Exercise instructions
The required result is every line of the records that includes "expect".

== Material provided

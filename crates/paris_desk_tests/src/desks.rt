//! Tests of desks: what their seats do, one after another and in threads, and how the desks are ended.

ghost use Rattle.std.specs.Prelude.{◌≡◌, ◌≤◌};
ghost use Rattle.paris_records.specs.declared.limits.TheConstants.{MAX_HISTORY, MAX_SEATS};

use crate::endings::Ending::{Closes, ClosesInTwo, IsDiscarded, IsSpoilt, Misses};
use crate::endings::Spoil::*;
use crate::endings::{Ending, ends};
use crate::spellings::Text;
use crate::steps::Change::{Delete, Field, FieldOf, Input, Set};
use crate::steps::Step::*;
use crate::steps::{Step, plays};
use paris_desk::{Desk, Office, Opening, Seat};
use paris_edits::Verdict::{Kept, Stale};
use paris_names::Spot::{After, End};
use paris_names::{Edition, Fault, Profile, RowId};
use std::alloc::Global;
use std::marker::Brand;
use std::process::Abort;
use std::sync::Wait;
use std::thread::{Threads, join};

const SUM: Text = b"u-add-3-1L c a b 8";

/// 2 to the power of 64.
const LOW: u128 = 18_446_744_073_709_551_616;

/// 2 to the power of 127.
const HIGH: u128 = 170_141_183_460_469_231_731_687_303_715_884_105_728;

const LOW_AND_HIGH: u128 = 170_141_183_460_469_231_750_134_047_789_593_657_344;

/// What the seats of a desk do.
#[derive(Clone, Copy)]
enum Script {
    /// Steps one after another, each of the seat at its place.
    Plays(&'static [(usize, Step)]),
    /// The first two seats call at once.
    CallsAtOnce,
}

/// A seat makes twenty calls.
fn lists_often<L: Office>(
    rt: &(impl Abort + Wait),
    desk: &Desk<L>,
    seat: &mut Seat<L>,
) -> Result<(), Fault> {
    for _ in 0..10u64 {
        desk.release(rt, seat)?;
        desk.list(rt, seat)?;
    }
    assert!(rt; seat.receipts().len() == 20);
    Ok(())
}

/// Two seats make twenty calls each, at once.
fn both_list<L: Office + Send + Sync, R: Abort + Threads + Wait + Sync>(
    rt: &R,
    desk: &Desk<L>,
    one: &mut Seat<L>,
    two: &mut Seat<L>,
) -> Result<(), Fault> {
    let (first, second) = join(
        rt,
        || lists_often(rt, desk, &mut *one),
        || lists_often(rt, desk, &mut *two),
    );
    first?;
    second
}

/// Two seats call at once: each has its own receipts, and a later call counts all.
fn calls_at_once<L: Office + Send + Sync, R: Abort + Threads + Wait + Sync>(
    rt: &R,
    desk: &Desk<L>,
    seats: &mut [Seat<L>],
) -> Result<(), Fault> {
    let (one, rest) = seats.split_first_mut().expect(rt, "there is a seat");
    let two = rest.first_mut().expect(rt, "there are two seats");
    both_list(rt, desk, one, two)?;
    one.learn(two.front());
    desk.release(rt, one)?;
    assert!(rt; one.front().0 == 41);
    Ok(())
}

fn follows<L: Office + Send + Sync, R: Abort + Threads + Wait + Sync>(
    rt: &R,
    alloc: Global,
    desk: &Desk<L>,
    seats: &mut [Seat<L>],
    script: Script,
) -> Result<(), Fault> {
    match script {
        Script::Plays(steps) => plays(rt, alloc, desk, seats, steps),
        Script::CallsAtOnce => calls_at_once(rt, desk, seats),
    }
}

/// Whether a script is followed at a desk, and the desk is ended as it must be.
fn opens<L: Office + Send + Sync, R: Abort + Threads + Wait + Sync>(
    rt: &R,
    alloc: Global,
    opening: Opening,
    profile: Profile,
    size: (u64, u64),
    script: Script,
    ending: Ending,
) -> Result<bool, Fault>
    requires opening { (opening.blank.name ≡ L.name) × (opening.blank.parts ≡ L.parts) × (opening.seen.book ≡ L.log) }
    requires profile { profile ≡ L.profile }
    requires seats { (size.0 ≡ L.parts) × (size.0 ≡ L.seats) }
    requires few { (1 ≤ size.0) × (size.0 ≤ MAX_SEATS) }
    requires limit { (size.1 ≡ L.limit) × (size.1 ≤ MAX_HISTORY) }
{
    let (desk, mut seats) = Desk::<L>::with_profile(rt, alloc, opening, profile, size.0, size.1)?;
    match follows(rt, alloc, &desk, &mut seats, script) {
        Ok(()) => ends(rt, alloc, desk, seats, ending),
        Err(fault) => {
            desk.discard(rt);
            Err(fault)
        }
    }
}

/// At a desk of a profile with so many seats, whose history has room for so many entries, a script is followed, and then the desk is
/// ended.
fn tries_in<R: Abort + Threads + Wait + Sync>(
    rt: &R,
    alloc: Global,
    profile: Profile,
    size: (u64, u64),
    script: Script,
    ending: Ending,
) -> Result<(), Fault>
    requires few { (1 ≤ size.0) × (size.0 ≤ MAX_SEATS) }
    requires limit { size.1 ≤ MAX_HISTORY }
{
    let opening = Opening::new(size.0);
    let is_ended = opens::<Brand, R>(rt, alloc, opening, profile, size, script, ending)?;
    assert!(rt; is_ended);
    Ok(())
}

/// The same at a desk of profile 1.
fn tries<R: Abort + Threads + Wait + Sync>(
    rt: &R,
    alloc: Global,
    size: (u64, u64),
    script: Script,
    ending: Ending,
) -> Result<(), Fault>
    requires few { (1 ≤ size.0) × (size.0 ≤ MAX_SEATS) }
    requires limit { size.1 ≤ MAX_HISTORY }
{
    tries_in(rt, alloc, Profile::One, size, script, ending)
}

#[test]
fn a_desk_is_full_at_its_limit(rt: HostRuntime) -> Result<(), Fault> {
    const STEPS: &[(usize, Step)] = &[
        (0, Lists(&[])),
        (0, Lists(&[])),
        (0, MayNotList(Fault::HistoryFull(2))),
        (0, Has(2, 2)),
    ];
    let script = Script::Plays(STEPS);
    tries(&rt, rt.alloc(), (1, 2), script, Closes(&[2]))
}

#[test]
fn a_false_front_is_refused(rt: HostRuntime) -> Result<(), Fault> {
    const STEPS: &[(usize, Step)] = &[
        (0, Learns(99)),
        (0, Refuses(Delete(1), Fault::StrangeSeat(99, 0))),
        (0, Has(0, 99)),
    ];
    let script = Script::Plays(STEPS);
    tries(&rt, rt.alloc(), (1, 9), script, IsDiscarded)
}

/// One seat makes a program, and the other one runs its first row and looks at what it left.
const TWO_SEATS: &[(usize, Step)] = &[
    (0, Accepts(Set(&[4]))),
    (0, Accepts(Field(b"a"))),
    (0, Accepts(Field(b"b"))),
    (0, Accepts(Field(b"c"))),
    (0, Accepts(Input(b"a", &[10, 20, 30, 250]))),
    (0, Accepts(Input(b"b", &[1, 2, 3, 10]))),
    (0, Inserts(SUM, 1)),
    (0, Inserts(SUM, 2)),
    (0, Lists(&[1, 2])),
    (1, Takes(1, 7)),
    (1, Brings(0, Kept)),
    (1, Shows(b"c", After(RowId(1)), &[11, 22, 33, 4])),
    (0, Has(9, 9)),
    (1, Has(3, 12)),
];

#[test]
fn a_desk_is_closed_with_its_last_seat(rt: HostRuntime) -> Result<(), Fault> {
    let script = Script::Plays(TWO_SEATS);
    tries(&rt, rt.alloc(), (2, 100), script, Misses(1, &[9, 3]))
}

#[test]
fn the_least_missing_seat_is_told(rt: HostRuntime) -> Result<(), Fault> {
    let script = Script::Plays(TWO_SEATS);
    tries(&rt, rt.alloc(), (2, 100), script, Misses(0, &[9, 3]))
}

#[test]
fn two_seats_in_profile_two(rt: HostRuntime) -> Result<(), Fault> {
    const STEPS: &[(usize, Step)] = &[
        (0, Accepts(Set(&[4]))),
        (0, Refuses(FieldOf(b"a", 129), Fault::BadWidth)),
        (0, Accepts(FieldOf(b"a", 128))),
        (0, Accepts(FieldOf(b"b", 128))),
        (0, Accepts(FieldOf(b"c", 128))),
        (0, Accepts(Input(b"a", &[10, LOW, 30, u128::MAX]))),
        (0, Accepts(Input(b"b", &[1, HIGH, 3, 5]))),
        (0, Inserts(b"u-add-3-1L c a b 128", 1)),
        (0, Inserts(SUM, 2)),
        (0, Lists(&[1, 2])),
        (1, Takes(1, 7)),
        (1, Brings(0, Kept)),
        (1, Shows(b"c", After(RowId(1)), &[11, LOW_AND_HIGH, 33, 4])),
        (0, Has(10, 10)),
        (1, Has(3, 13)),
    ];
    let script = Script::Plays(STEPS);
    let ending = ClosesInTwo(&[10, 3]);
    tries_in(&rt, rt.alloc(), Profile::Two, (2, 100), script, ending)
}

#[test]
fn a_wide_field_is_refused_in_profile_one(rt: HostRuntime) -> Result<(), Fault> {
    const STEPS: &[(usize, Step)] = &[
        (0, Accepts(Set(&[4]))),
        (0, Refuses(FieldOf(b"a", 65), Fault::BadWidth)),
        (0, Accepts(FieldOf(b"a", 64))),
    ];
    let script = Script::Plays(STEPS);
    tries(&rt, rt.alloc(), (1, 100), script, Closes(&[3]))
}

#[test]
fn a_first_script_on_one_seat(rt: HostRuntime) -> Result<(), Fault> {
    const STEPS: &[(usize, Step)] = &[
        (0, Accepts(Set(&[4]))),
        (0, Accepts(Field(b"a"))),
        (0, Accepts(Field(b"b"))),
        (0, Accepts(Field(b"c"))),
        (0, Accepts(Input(b"a", &[10, 20, 30, 250]))),
        (0, Accepts(Input(b"b", &[1, 2, 3, 10]))),
        (0, Inserts(SUM, 1)),
        (0, Waits(b"c", End, 1)),
        (0, Takes(1, 7)),
        (0, Brings(0, Kept)),
        (0, Shows(b"c", End, &[11, 22, 33, 4])),
    ];
    let script = Script::Plays(STEPS);
    tries(&rt, rt.alloc(), (1, 100), script, Closes(&[11]))
}

#[test]
fn rows_that_are_out_on_one_seat(rt: HostRuntime) -> Result<(), Fault> {
    const STEPS: &[(usize, Step)] = &[
        (0, Accepts(Set(&[4]))),
        (0, Accepts(Field(b"a"))),
        (0, Accepts(Field(b"c"))),
        (0, Accepts(Field(b"d"))),
        (0, Inserts(b"u-move-1L c a 8", 1)),
        (0, Inserts(b"u-move-1L d c 8", 2)),
        (0, Takes(1, 5)),
        (0, Brings(0, Kept)),
        (0, Takes(2, 6)),
        (0, Accepts(Input(b"a", &[9]))),
        (0, Brings(1, Stale(Edition(7)))),
        (0, Takes(1, 7)),
        (0, Releases),
        (0, Takes(1, 7)),
    ];
    let script = Script::Plays(STEPS);
    tries(&rt, rt.alloc(), (1, 100), script, Closes(&[14]))
}

#[test]
fn refused_edits_are_recorded(rt: HostRuntime) -> Result<(), Fault> {
    const STEPS: &[(usize, Step)] = &[
        (0, Refuses(Field(b"a"), Fault::NoSet)),
        (1, Refuses(Delete(7), Fault::NoRow)),
        (0, Has(1, 1)),
        (1, Has(1, 2)),
    ];
    let script = Script::Plays(STEPS);
    tries(&rt, rt.alloc(), (3, 100), script, Closes(&[1, 1, 0]))
}

#[test]
fn two_seats_call_at_once(rt: HostRuntime) -> Result<(), Fault> {
    let ending = Closes(&[21, 20]);
    tries(&rt, rt.alloc(), (2, 100), Script::CallsAtOnce, ending)
}

#[test]
fn an_audit_finds_each_change(rt: HostRuntime) -> Result<(), Fault> {
    let script = Script::Plays(TWO_SEATS);
    for change in [
        TradesLists,
        LosesAList,
        LosesAReceipt,
        LosesAnEntry,
        EntryNamesAnotherSeat,
        ReceiptNamesAnotherSeat,
        ReceiptHasNumber(0),
        ReceiptHasNumber(11),
        ReceiptHasNumber(13),
        TellsAnotherEvent,
        TellsAnotherReply,
        TellsAReplyThatIsNotMade,
    ] {
        tries(&rt, rt.alloc(), (2, 100), script, IsSpoilt(change))?;
    }
    Ok(())
}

====

Solution to the problem
    let (one, rest) = seats.split_first_mut().expect(rt, "there is a seat");
    let two = rest.first_mut().expect(rt, "there are two seats");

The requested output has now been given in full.